In the illustrated embodiment, the computer system 10 may be a digital computing device that generally includes a processing device 22, a memory device 24, Input/Output (I/O) interfaces 26, a network interface 28, and a database 30. It should be appreciated that FIG. 1 depicts the computer system 10 in a simplified manner, where some embodiments may include additional components and suitably configured processing logic to support known or conventional operating features. The components (i.e., 22, 24, 26, 28, 30) may be communicatively coupled via a local interface 32. The local interface 32 may include, for example, one or more buses or other wired or wireless connections. The local interface 32 may also include controllers, buffers, caches, drivers, repeaters, receivers, among other elements, to enable communication. Further, the local interface 32 may include address, control, and/or data connections to enable appropriate communications among the components 22, 24, 26, 28, 30.

It should be appreciated that the processing device 22, according to some embodiments, may include or utilize one or more generic or specialized processors (e.g., microprocessors, CPUs, Digital Signal Processors (DSPs), Network Processors (NPs), Network Processing Units (NPUs), Graphics Processing Units (GPUs), Field Programmable Gate Arrays (FPGAs), semiconductor-based devices, chips, and the like). The processing device 22 may also include or utilize stored program instructions (e.g., stored in hardware, software, and/or firmware) for control of the computer system 10 by executing the program instructions to implement some or all of the functions of the systems and methods described herein. Alternatively, some or all functions may be implemented by a state machine that may not necessarily include stored program instructions, may be implemented in one or more Application Specific Integrated Circuits (ASICs), and/or may include functions that can be implemented as custom logic or circuitry. Of course, a combination of the aforementioned approaches may be used.
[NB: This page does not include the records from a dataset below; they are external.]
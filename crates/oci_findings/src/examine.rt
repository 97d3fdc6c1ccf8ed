//! What is wrong with the bytes of a document, beside its schema too: rules, and members that the schema does not list.
ghost use Rattle.std.specs.Prelude.{◌≡◌, ◌↔◌, ◌++◌, ◌+◌, ◌∷◌, [], Some, map, length, true, false, IfOk, IsUtf8, OnOk};
ghost use Rattle.std.specs.List.{filter, flat_map};
ghost use Rattle.serde_json.specs.View.{view};
ghost use Rattle.oci_schemas.specs.Kinds.{shape_of};
ghost use Rattle.oci_schema.specs.Unknown.{unknown as all_unknown};
ghost use Rattle.oci_rules.specs.Listed.{all_broken};
ghost use Rattle.oci_rules.specs.Tables.{platform_of, rule_of, told as broken_told};
ghost use Rattle.oci_findings.specs.Asked.{is_for};
ghost use Rattle.oci_findings.specs.Findings.{breach};
ghost use Rattle.oci_findings.specs.Checks.{AllKept, HasKeysOnce, HasShape, IsPassedOver, IsRight, IsRightValue, IsWrong, asked_rules, platform_asked, is_error as makes_wrong, counted, denied, rules_for, rules_if};

use crate::asked::{Book, Check, Unknown};
use crate::inspect::{Reading, faulty, kind_of, read_value, schema_errors};
use crate::levels::{binds, is_error, is_heard};
use crate::quick::is_right;
use crate::repeated::{key_errors, repeated_findings, repeated_if_any, warn_of_repeated};
use crate::rulebooks::RuleBooks;
use crate::shown::{name_at, shown_at};
use crate::{Cause, Finding, Report, Severity};
use json::Error;
use oci_rules::{Broken, Rule, RuntimePlatform, Step, broken, platform_of_document};
use oci_schema::bytes::Workspace;
use oci_schema::{UnknownMember, suggestion, unknown_members};
use oci_schemas::{Kind, OciRecords};
use serde_json::Value;
use std::alloc::{AllocError, Global};

/// What is wrong with the bytes of a document, by all that is asked. Fails if out of memory.
pub fn examine<'a, B: RuleBooks>(
    books: &B,
    asked: &Check<'a>,
    name: &str,
    bytes: &[u8],
    workspace: &mut Workspace,
    alloc: Global,
) -> Result<Report<'a>, AllocError>
    ensures right { IfOk result (λ r. r.errors.items ≡ [] → IsRight (B.rules books.now) asked.now name.now bytes.now) }
    ensures wrong { IfOk result (λ r. ¬ (r.errors.items ≡ []) → IsWrong (B.rules books.now) asked.now name.now bytes.now) }
{
    if is_right(asked, name, bytes, workspace, alloc) {
        return Report::new(Vec::new(alloc), Vec::new(alloc), bytes, alloc);
    }
    examine_read(books, asked, name, bytes, alloc)
}

/// The same by way of a value.
#[tactic(auto, using(crate::proofs::Allowed::passed_over, crate::proofs::Allowed::right_of, crate::proofs::Allowed::wrong_of, crate::proofs::Allowed::wrong_of_no_kind))]
fn examine_read<'a, B: RuleBooks>(
    books: &B,
    asked: &Check<'a>,
    name: &str,
    bytes: &[u8],
    alloc: Global,
) -> Result<Report<'a>, AllocError>
    ensures right { IfOk result (λ r. r.errors.items ≡ [] → IsRight (B.rules books.now) asked.now name.now bytes.now) }
    ensures wrong { IfOk result (λ r. ¬ (r.errors.items ≡ []) → IsWrong (B.rules books.now) asked.now name.now bytes.now) }
{
    match read_value(asked.kind, name, bytes, alloc)? {
        Reading::Value(kind, value) => {
            let examination = Examination {
                books,
                asked,
                kind,
                alloc,
            };
            examination.report(name, &value, bytes)
        }
        Reading::Fault(fault) => {
            if is_passed_over(asked, name, bytes, alloc)? {
                return Report::new(Vec::new(alloc), Vec::new(alloc), bytes, alloc);
            }
            faulty(fault, alloc)
        }
    }
}

/// Whether nothing is said of bytes since no kind of documents is found of them.
#[tactic(auto, using(crate::proofs::Allowed::open_read, crate::proofs::Allowed::not_open_of_kind, crate::proofs::Allowed::not_open_of_no_json, crate::proofs::Allowed::not_asked_to))]
fn is_passed_over(
    asked: &Check<'_>,
    name: &str,
    bytes: &[u8],
    alloc: Global,
) -> Result<bool, AllocError>
    ensures yes { IfOk result (λ b. b ≡ true → IsPassedOver asked.now name.now bytes.now) }
    ensures no { IfOk result (λ b. b ≡ false → ¬ IsPassedOver asked.now name.now bytes.now) }
{
    if !asked.skip_unknown {
        return Ok(false);
    }
    match Value::from_slice(alloc, bytes) {
        Ok(value) => match kind_of(asked.kind, name, &value) {
            Some(_) => Ok(false),
            None => Ok(true),
        },
        Err(fault) if fault.is_memory() => Err(AllocError),
        Err(_) => Ok(false),
    }
}

/// What values of a kind are examined for.
struct Examination<'e, 'a, B> {
    books: &'e B,
    asked: &'e Check<'a>,
    kind: Kind,
    alloc: Global,
}

impl<'e, 'a, B> Drop for Examination<'e, 'a, B> {
    fn drop(self) {
        let Examination {
            books,
            asked,
            kind,
            alloc,
        } = self;
    }
}

impl<'e, 'a, B: RuleBooks> Examination<'e, 'a, B> {
    /// The report on a value that was read from these bytes.
    fn report(&self, name: &str, value: &Value, bytes: &[u8]) -> Result<Report<'a>, AllocError>
        ensures { IfOk result (λ r. IsUtf8 bytes.now → (r.errors.items ≡ []) ↔ (IsRightValue (B.rules self.now.books.now) self.now.asked.now self.now.kind (view value.now) × HasKeysOnce self.now.asked.now self.now.kind bytes.now)) }
    {
        let mut warnings = warnings_of(self.asked, self.kind, value, self.alloc)?;
        let of_value = self.errors(name, value, &mut warnings)?;
        let repeated = repeated_if_any(bytes, self.alloc)?;
        let of_keys = key_errors(self.asked, self.kind, &repeated, self.alloc)?;
        warn_of_repeated(self.asked, self.kind, &repeated, &mut warnings, self.alloc)?;
        let errors = joined(of_value, of_keys)?;
        Report::new(errors, warnings, bytes, self.alloc)
    }

    /// What is wrong with a value. Broken rules that do not bind are warned of.
    fn errors(
        &self,
        name: &str,
        value: &Value,
        warnings: &mut Vec<Finding<'a>>,
    ) -> Result<Vec<Finding<'a>>, AllocError>
        ensures { IfOk result (λ v. (v.items ≡ []) ↔ IsRightValue (B.rules self.now.books.now) self.now.asked.now self.now.kind (view value.now)) }
    {
        let of_schema = self.errors_by_schema(name, value)?;
        let of_asked = self.errors_asked(value, warnings)?;
        joined(of_schema, of_asked)
    }

    /// What the schema does not allow, unless that is ignored.
    #[tactic(auto, using(crate::proofs::Allowed::shape_ignored, crate::proofs::Allowed::shape_asked))]
    fn errors_by_schema(&self, name: &str, value: &Value) -> Result<Vec<Finding<'a>>, AllocError>
        ensures { IfOk result (λ v. (v.items ≡ []) ↔ HasShape self.now.asked.now self.now.kind (view value.now)) }
    {
        if self.asked.ignores("schema") {
            return Ok(Vec::new(self.alloc));
        }
        let found = schema_errors(self.kind, name, value, self.alloc)?;
        Ok(found)
    }

    /// What is wrong with a value beside its schema.
    fn errors_asked(
        &self,
        value: &Value,
        warnings: &mut Vec<Finding<'a>>,
    ) -> Result<Vec<Finding<'a>>, AllocError>
        ensures { IfOk result (λ v. (v.items ≡ []) ↔ ((counted (B.rules self.now.books.now) self.now.asked.now self.now.kind (view value.now) ≡ []) × (denied self.now.asked.now self.now.kind (view value.now) ≡ []))) }
    {
        let of_rules = self.rule_findings(value, warnings)?;
        let of_members = denied_findings(self.asked, self.kind, value, self.alloc)?;
        joined(of_rules, of_members)
    }

    /// What is wrong with a value by the rules that are asked for.
    fn rule_findings(
        &self,
        value: &Value,
        warnings: &mut Vec<Finding<'a>>,
    ) -> Result<Vec<Finding<'a>>, AllocError>
        ensures { IfOk result (λ v. map breach v.items ≡ map Some (counted (B.rules self.now.books.now) self.now.asked.now self.now.kind (view value.now))) }
    {
        let listed = self.asked_books()?;
        let platform = platform_for(self.asked.platform, value);
        findings_by(&listed, self.asked, platform, value, warnings, self.alloc)
    }

    /// The books that are asked for: those of the kind, and the policy's.
    fn asked_books(&self) -> Result<Vec<&'a [Rule<'a>]>, AllocError>
        ensures { IfOk result (λ v. flat_map (λ b. map rule_of b.now) v.items ≡ asked_rules (B.rules self.now.books.now) self.now.asked.now self.now.kind) }
    {
        let mut found = books_if(self.books, self.asked.rules, self.kind, self.alloc)?;
        add_books(self.asked.policy, self.kind, &mut found)?;
        Ok(found)
    }
}

/// Adds the rules of the books for the kind.
#[tactic(auto, using(crate::proofs::Books::none_left))]
fn add_books<'a>(
    books: &'a [Book<'a>],
    kind: Kind,
    found: &mut Vec<&'a [Rule<'a>]>,
) -> Result<(), AllocError>
    ensures { OnOk result (flat_map (λ b. map rule_of b.now) found.new.items ≡ flat_map (λ b. map rule_of b.now) found.old.items ++ rules_for kind books.now) }
{
    for book in books {
        add_book(book, kind, found)?;
    }
    Ok(())
}

/// Adds the rules of the book, if it is for the kind.
#[tactic(auto, using(crate::proofs::Books::one_for, crate::proofs::Books::one_not_for))]
fn add_book<'a>(
    book: &Book<'a>,
    kind: Kind,
    found: &mut Vec<&'a [Rule<'a>]>,
) -> Result<(), AllocError>
    ensures { OnOk result (flat_map (λ b. map rule_of b.now) found.new.items ≡ flat_map (λ b. map rule_of b.now) found.old.items ++ rules_if (is_for book.now kind) (map rule_of book.now.rules.now)) }
{
    if book.is_for(kind) {
        found.push(book.rules)?;
    }
    Ok(())
}

/// Two lists, one behind the other.
fn joined<'a>(
    mut first: Vec<Finding<'a>>,
    mut second: Vec<Finding<'a>>,
) -> Result<Vec<Finding<'a>>, AllocError>
    ensures { IfOk result (λ v. v.items ≡ first.entry.items ++ second.entry.items) }
{
    first.append(&mut second)?;
    Ok(first)
}

/// What is wrong with a value by the rules of books.
fn findings_by<'a>(
    books: &Vec<&'a [Rule<'a>]>,
    asked: &Check<'_>,
    platform: RuntimePlatform,
    value: &Value,
    warnings: &mut Vec<Finding<'a>>,
    alloc: Global,
) -> Result<Vec<Finding<'a>>, AllocError>
    ensures { IfOk result (λ v. map breach v.items ≡ map Some (filter (λ x. makes_wrong asked.now x.0) (all_broken (flat_map (λ b. map rule_of b.now) books.now.items) (platform_of platform) (view value.now)))) }
{
    let mut found = Vec::new(alloc);
    for book in books {
        let listed = broken(book, platform, value, alloc)?;
        add_counted(&listed, asked, value, &mut found, warnings, alloc)?;
    }
    Ok(found)
}

/// The books of the kind, if they are asked for.
fn books_if<B: RuleBooks>(
    books: &B,
    asked: bool,
    kind: Kind,
    alloc: Global,
) -> Result<Vec<&'static [Rule<'static>]>, AllocError>
    ensures { IfOk result (λ v. flat_map (λ b. map rule_of b.now) v.items ≡ rules_if asked (B.rules books.now kind)) }
{
    if asked {
        books.books_of(kind, alloc)
    } else {
        Ok(Vec::new(alloc))
    }
}

/// The platform that is asked for, or the one that the document says.
fn platform_for(asked: Option<RuntimePlatform>, value: &Value) -> RuntimePlatform
    ensures { platform_of result ≡ platform_asked asked (view value.now) }
{
    match asked {
        Some(platform) => platform,
        None => platform_of_document(value),
    }
}

/// Adds those that make a document wrong to what was found, and those that are worth a warning to the warnings.
fn add_counted<'a>(
    listed: &Vec<Broken<'a>>,
    asked: &Check<'_>,
    value: &Value,
    found: &mut Vec<Finding<'a>>,
    warnings: &mut Vec<Finding<'a>>,
    alloc: Global,
) -> Result<(), AllocError>
    ensures { OnOk result (map breach found.new.items ≡ map breach found.old.items ++ map Some (filter (λ x. makes_wrong asked.now x.0) (map broken_told listed.now.items))) }
{
    for item in listed {
        if is_error(asked, item.rule) {
            add_rule_finding(item, value, found, alloc)?;
        } else {
            warn_if_heard(item, asked, value, warnings, alloc)?;
        }
    }
    Ok(())
}

/// Adds a warning, if something is said of the broken rule.
fn warn_if_heard<'a>(
    item: &Broken<'a>,
    asked: &Check<'_>,
    value: &Value,
    warnings: &mut Vec<Finding<'a>>,
    alloc: Global,
) -> Result<(), AllocError> {
    if is_heard(asked, item.rule) {
        add_rule_finding(item, value, warnings, alloc)?;
    }
    Ok(())
}

fn add_rule_finding<'a>(
    item: &Broken<'a>,
    value: &Value,
    found: &mut Vec<Finding<'a>>,
    alloc: Global,
) -> Result<(), AllocError>
    ensures { OnOk result (map breach found.new.items ≡ map breach found.old.items ++ Some (broken_told item.now) ∷ []) }
{
    let finding = rule_finding(item, value, alloc)?;
    found.push(finding)?;
    Ok(())
}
For some of the embodiments described herein, a corresponding device in hardware (and optionally with software, firmware, and combinations thereof) can be referred to as “circuitry” or “logic” that is “configured to” or “adapted to” perform a set of operations, steps, methods, processes, algorithms, functions, techniques, etc., on digital and/or analog signals as described herein with respect to various embodiments.

The memory device 24 may include volatile memory elements (e.g., Random Access Memory (RAM), Dynamic RAM (DRAM), Synchronous DRAM (SDRAM), Static RAM (SRAM), and the like), nonvolatile memory elements (e.g., Read Only Memory (ROM), Programmable ROM (PROM), Erasable PROM (EPROM), Electrically-Erasable PROM (EEPROM), hard drive, tape, Compact Disc ROM (CD-ROM), and the like), or combinations thereof. Moreover, the memory device 24 may incorporate electronic, magnetic, optical, and/or other types of storage media. The memory device 24 may have a distributed architecture, where various components are situated remotely from one another, but can be accessed by the processing device 22.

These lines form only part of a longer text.